Navin: And another thing. Yeah, yeah. Sorry. Go on. Keep going, Sylvain.

Sylvain: No, and I dunno what your opinion is on that, but one of the two key things that we observe from an industry perspective and issues that PE firms are facing is one, regulatory pressure is coming. It's been in asset management for quite some time. The SEC right now is scrutinizing private equity from a tax perspective in particular, and by doing this, it also puts the focus on ESG regulations and how SFR EU, taxonomy, et cetera, could apply to private equity. And I think there's also pressure from the LPs.

So kind of the first question is, what is your ESG strategy? That's something that we see a lot with GP that we work with. Is that something that you see also in the industry?

Navin: Very much so. So, I think that the issue is the strategy keeps on changing. And with economic headwinds, we are facing globally with higher rates, higher inflation, and the terrible war initiated by Russia on Ukraine as well.

Very volatile commodity prices that we are seeing as well. Sometimes ESG is taking a back step. Sometimes ESG is taking a front step. Now how do we navigate those global headwinds and factor that into ESG strategy? And one of the points that sometimes tend to get missed is that, you know, some governments are putting the environment on the back foot. And the good examples are the new UK government that we currently have in the UK, which is talking a lot about deregulation. Some governments, such as the EU and their taxonomy, are upping the standards and trying to push those standards.

So what does that mean again for your ESG strategy? And does that mean that country by country, I need to have an individual sovereign ESG view so I can understand the impact on the…if I'm a PE company and I'm invested in certain sectors as well, what does it mean? And that is the issue that you cannot have a generic ESG strategy and apply that globally.

Sylvain: You're very right. So yeah, regulatory pressures specificities across the different countries.

Industry challenges and technology overview

Sylvain: I think we're touching on a lot of high-level topics on industry issues. One of the things that we see a lot more as a data provider and AI solution is there is really a data issue beyond the regulatory pressure beyond the need. Once that need is expressed, there is actually a huge issue in the whole industry is the lack of coverage.

So there are like more than 20 million firms worldwide that private equity could access as financial assets, and they are less than 50,000 that are actually rated by rating agencies. And so I think the entire industry is really seeing that data gap that is costing in terms of standardization in the whole industry.

Because if the data is not there, it's very difficult to get together and find a standard process. [00:12:00] And what that means is that there is a lot of reliance on manual processes, questionnaires, which sometimes also lack objectivity, so we are seeing right now that contrary to asset management, most of the information is disclosed on an active basis instead of firms being observed by external parties. And I think that could create some issues in the industry, especially with greenwashing involved, et cetera. This could actually create a few issues for investors in the next few years.

Navin: And I think one of the examples to take there is, how do you say to, let's say, an asset manager or a bunch of investors who are, say, investing in PE companies or creating PE funds or funds of funds, and they are being asked, “Can you tell me what the climate risks are for those companies?” Can you tell me the underlying sector that the company sits in? What is their strategy, for biodiversity, for example? What is their strategy for social and governance metrics as well? Really, really super challenging questions, especially because the PE company does not has to disclose currently, right? Now, that’s where, you know, it goes back to the word, how can you use proxy, but how can you get other types of data that are mandated by sovereign legislation as well? Because remember, let's go back to the example of oil and gas, for example. So if you talk about oil and gas, you know, there are certain regulations around oil and gas where disclosure has to happen, whether you are listed or whether you are unlisted as well. And that can go right [00:14:00] down to carbon emissions. So the hunt for the data needs to take place, but mapping of the sector, and the sovereign legislation in the country, which will determine how do I get those, determine those data points are very, very critical. So, as they say, data is gold.

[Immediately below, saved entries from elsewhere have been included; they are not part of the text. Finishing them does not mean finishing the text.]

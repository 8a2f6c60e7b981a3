//! Runs of flow code: the machine whose threads run a code over shared words, and the walk by a log.
//!
//! Its contract: the machine is lawful; `walk` is as `WalkIs` of `specs/Walks.antt` says.
//! It knows nothing of files, text of logs.
#![tactic(auto)]

mod finish;
mod laws;
mod making;
mod outcome;
mod parts;
mod reads;
mod same;
mod start;
mod walker;
mod walking;

pub use finish::{have_ended, shown};
pub use laws::{law_converge, law_kept, law_machine, law_merges, law_written_merge};
pub use outcome::{PartEnd, Walk};
pub use parts::{has_object, place_of};
pub use same::same_object;
pub use start::{start_flows, start_words};
pub use sync_objects::{Entry, Noted, Setup};
pub use thread_interpreter::{FramePart, PhasePart, RegionPart, StripePart, ThreadPart};
pub use walker::{make_part, walk_part};
pub use walking::walk;
pub use word_semantics::Action;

Sylvain: Yeah, it is. And what we found also is that even when you have the data, the journey is not over. So a lot of the issues are in a lot of private equity firms, there's gonna be a lot of data collection.

But then that data is not gonna be regularly updated. So it's gonna be stale pretty quickly, and after a year, the process will start over. It's tough to have that point-in-time history. So public markets are very aware of this because every event has, could have a high-intensity impact very rapidly.

But this is actually the case also for private equity. So still lack of frequent data is a bit problematic. And similar to equity markets and public markets, I think black box scores are also a bit of an issue. A bit less so because a lot of the processes rely on manual data collection. But at the end of the day, you still end up in a lot of cases with the sort of score that may not be entirely transparent.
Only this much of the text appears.